Vatican Bank 'allowed clergy to act as front for Mafia and corrupt businessmen'


The Vatican Bank is under new scrutiny in a case involving money-laundering
allegations that led police to seize €23m (£19.25m) in September.


The Vatican calls the seizure of assets a "misunderstanding" and expresses
optimism it will be quickly cleared up. But fresh court documents show that
prosecutors say the Vatican Bank deliberately flouted anti-laundering laws
"with the aim of hiding the ownership, destination and origin of the
capital". The documents also reveal investigators' suspicions that clergy
may have acted as fronts for corrupt businessmen and Mafia.
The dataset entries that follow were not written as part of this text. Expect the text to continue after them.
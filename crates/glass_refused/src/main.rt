//! The program `glass` once more, run on a file that is not there: it tells so, and ends with the status of that.
#![tactic(auto)]

use glass_run::run_program;
use std::io::IsTerminal;
use std::process::ExitCode;

fn main(rt: HostRuntime) -> ExitCode {
    ExitCode::from(run_program(&rt, rt.stderr().is_terminal()))
}
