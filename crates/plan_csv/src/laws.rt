//! Laws of the definitions on solution texts. The functions do nothing: their contracts are the laws.

ghost use Rattle.std.specs.Prelude.{◌≡◌, ◌≤◌, ◌*◌, ◌+◌, ℕ, List, All, Ok, length};
ghost use Rattle.glass_base.specs.Problem.{Problem, IsProblem};
ghost use Rattle.cut_model.specs.declared.plan.Plan.{Plan};
ghost use Rattle.cut_model.specs.Families.{families_of, rows_of};
ghost use Rattle.cut_model.specs.Fits.{Fits};
ghost use Rattle.cut_model.specs.Rules.{AddsUp};
ghost use Rattle.cut_model.specs.Tree.{Forest, count, tree};
ghost use Rattle.plan_csv.specs.PlanTexts.{IsWritable, IsWithin, plan_said};
ghost use Rattle.plan_csv.specs.Solutions.{solution_text};

/// What is written is read again as the same plan, for each plan that is writable: it fits, its rows begin within 20,000 mm of
/// the plate's corner, and it has at most 1,000,000,000 rows.
pub fn plans_are_read_again()
    ensures { (b : Problem) → (plan : Plan) → IsProblem b → IsWritable b (tree plan)
        → plan_said b (solution_text b (tree plan)) ≡ Ok (tree plan) }
{}

/// Where the children of each piece add up to its size, the rows of a plan that fits begin within 20,000 mm.
pub fn plans_that_add_up_are_within()
    ensures { (b : Problem) → (plan : Plan) → Fits (tree plan)
        → All (λ f. AddsUp f f.sort) (families_of b (tree plan))
        → All IsWithin (rows_of b (tree plan)) }
{}

/// The tree that a text says fits, and has at most 1,000,000,000 rows, and no more than the text has bytes.
pub fn plans_that_are_read_fit()
    ensures { (b : Problem) → (bytes : List ℕ) → (plan : Forest) → plan_said b bytes ≡ Ok plan
        → Fits plan × (count plan ≤ 1000000000) × (count plan ≤ length bytes) }
{}

/// The text of a plan that is writable has at most 100 bytes for each row, and 100 for the names of the columns.
pub fn texts_of_plans_are_short()
    ensures { (b : Problem) → (plan : Plan) → IsProblem b → IsWritable b (tree plan)
        → length (solution_text b (tree plan)) ≤ 100 * (count (tree plan) + 1) }
{}
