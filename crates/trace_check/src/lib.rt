// Checks of a trace: an open check takes lines one by one, a closed check is only questioned.
#![tactic(auto)]

pub mod check;
mod fault;
pub mod judge;
mod trailer;
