ghost use Rattle.std.specs.Prelude.{◌≡◌, true, false, is_ok, Decides, Result as Either};
ghost use Rattle.clause.specs.Refusals.{Told, answer};
ghost use Rattle.trace_check.specs.Checks.{Sound, Outcome, waiting};
ghost use Rattle.trace_check.specs.Meaning.{Refutes};

use crate::check::{ClosedCheck, OpenCheck};
use clause::refusal::Refusal;

// Opens a check of the bytes, takes lines until the last or a fault, and closes it.
fn taken_whole<'a>(trace: &'a [u8]) -> ClosedCheck<'a>
    ensures bytes { result.check.claim.trace.now ≡ trace.now }
    ensures done { waiting result.check.claim.last result.check.taken result.check.fault ≡ false }
{
    let mut check = OpenCheck::open(trace);
    while check.waits() {
        let _ = check.take();
    }
    check.close()
}

// Takes a trace whole and judges it.
pub fn judge_trace(trace: &[u8]) -> Result<(), Refusal>
    ensures exact { Decides (is_ok result) (Sound trace.now) }
    ensures outcome { Outcome trace.now (answer result) }
    ensures only { (a : Either (Unit {0}) Told) → Outcome trace.now a → a ≡ answer result }
    ensures refutes { is_ok result ≡ true → Refutes trace.now }
{
    taken_whole(trace).judge()
}
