ghost use Rattle.std.specs.Prelude.{◌≡◌, ℕ, ◌-◌, ◌*◌, ◌/◌, ◌≤◌, ◌&&◌, length, MatchOption};
ghost use Rattle.lines.specs.Format.{line_at, reaches};
ghost use Rattle.rule.specs.Tests.{is_bare};
ghost use Rattle.trace_check.specs.Trailers.{givens, sized, counted, agrees, Ended};

use clause::literals::is_outside;
use lines::line::Trailer;
use lines::read::{line_at, trailer};
use rule::right::is_bare;

// Whether a trace may have so many bytes: at least a line and the trailer, at most 16,385 lines, and no part of one.
fn is_sized(length: usize) -> bool
    ensures { result ≡ sized length }
{
    length >= 48 && length <= 393_264 && length % 24 == 0
}

// Whether a session may have so many atoms.
fn is_counted(atoms: u32) -> bool
    ensures { result ≡ counted atoms }
{
    !is_outside(atoms, 64)
}

// Whether the trace has a line k with both numbers 0.
fn is_given(trace: &[u8], k: u32) -> bool
    ensures { result ≡ (reaches trace.now k && is_bare (line_at trace.now k)) }
{
    line_at(trace, k).is_some_and(is_bare)
}

// How many of the first `last` lines have both numbers 0.
fn given_lines(trace: &[u8], last: u32) -> u32
    requires { 24 * last ≤ length trace.now }
    ensures { result ≡ givens trace.now last }
{
    (1..=last).filter(|k| is_given(trace, *k)).count() as u32
}

// Whether the numbers of the trailer are those of the trace.
fn is_agreed(trailer: Trailer, distance: usize, given: u32) -> bool
    ensures { result ≡ agrees trailer distance given }
{
    trailer.distance as usize == distance
        && trailer.last as usize == distance / 24
        && trailer.given == given
}

// The trailer, or nothing where it is wrong.
pub(crate) fn right_trailer(trace: &[u8]) -> Option<Trailer>
    ensures { MatchOption result ((n last : ℕ) → Ended trace.now n last → ⊥) (λ t. Ended trace.now t.atoms t.last) }
{
    if !is_sized(trace.len()) {
        return None;
    }
    let trailer = trailer(trace).filter(|trailer| is_counted(trailer.atoms))?;
    let distance = trace.len() - 24;
    let given = given_lines(trace, (distance / 24) as u32);
    is_agreed(trailer, distance, given).then_some(trailer)
}
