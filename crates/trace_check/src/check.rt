pub mod calls;

ghost use Rattle.std.specs.Prelude.{◌*◌, ◌≤◌, length};
ghost use Rattle.trace_check.specs.Checks.{Stands};

use crate::fault::Fault;
use rule::right::Claim;

// A check that takes lines: what the trailer says of the bytes, the lines taken, and the first fault.
#[derive(Drop)]
pub struct OpenCheck<'a> {
    claim: Claim<'a>,
    taken: u32,
    fault: Option<Fault>,
    ghost within: { taken ≤ claim.last },
    ghost stands: { ∥ Stands claim.trace.now claim.atoms claim.last taken fault ∥₁ },
}

// A check that can only be questioned.
#[derive(Drop)]
pub struct ClosedCheck<'a> {
    check: OpenCheck<'a>,
}
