// What a check found wrong first: the trailer, or the line after those that it took.
#[derive(Clone, Copy, Debug, PartialEq, Eq)]
pub enum Fault {
    Trailer,
    Line,
}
The documents pinpoint two transactions that have not been reported: one in
2009 involving the use of a false name, and another in 2010 in which the
Vatican Bank withdrew €650,000 from an Italian bank account but ignored bank
requests to disclose where the money was headed.


The new allegations of financial impropriety could not come at a worse time
for the Vatican, already hit by revelations that it sheltered paedophile
priests. The corruption probe has given new hope to Holocaust survivors who
tried unsuccessfully to sue in the United States, alleging that Nazi loot
was stored in the Vatican Bank.


Yet the scandal is hardly the first for the bank, already distinguished from
other banks by the fact that its cash machines are in Latin and priests use
a private entrance.


In 1986, a Vatican financial adviser died after drinking cyanide-laced coffee
in prison. Another, Roberto Calvi, was found dangling from a rope under
London's Blackfriars Bridge in 1982, his pockets stuffed with money and
stones. The incidents blackened the bank's reputation, raised suspicions of
ties with the Mafia, and cost the Vatican hundreds of millions of dollars in
legal clashes with Italian authorities.


On 21 September, financial police seized assets from a Vatican Bank account.
Investigators said the Vatican had failed to furnish information on the
origin or destination of the funds as required by Italian law.


The bulk of the money, €20 million, was destined for the American JP Morgan
bank branch in Frankfurt, Germany, with the remainder going to Banca del
Fucino, an Italian bank.


Prosecutors alleged the Vatican ignored regulations that foreign banks must
communicate to Italian financial authorities where their money has come
from. All banks have declined to comment.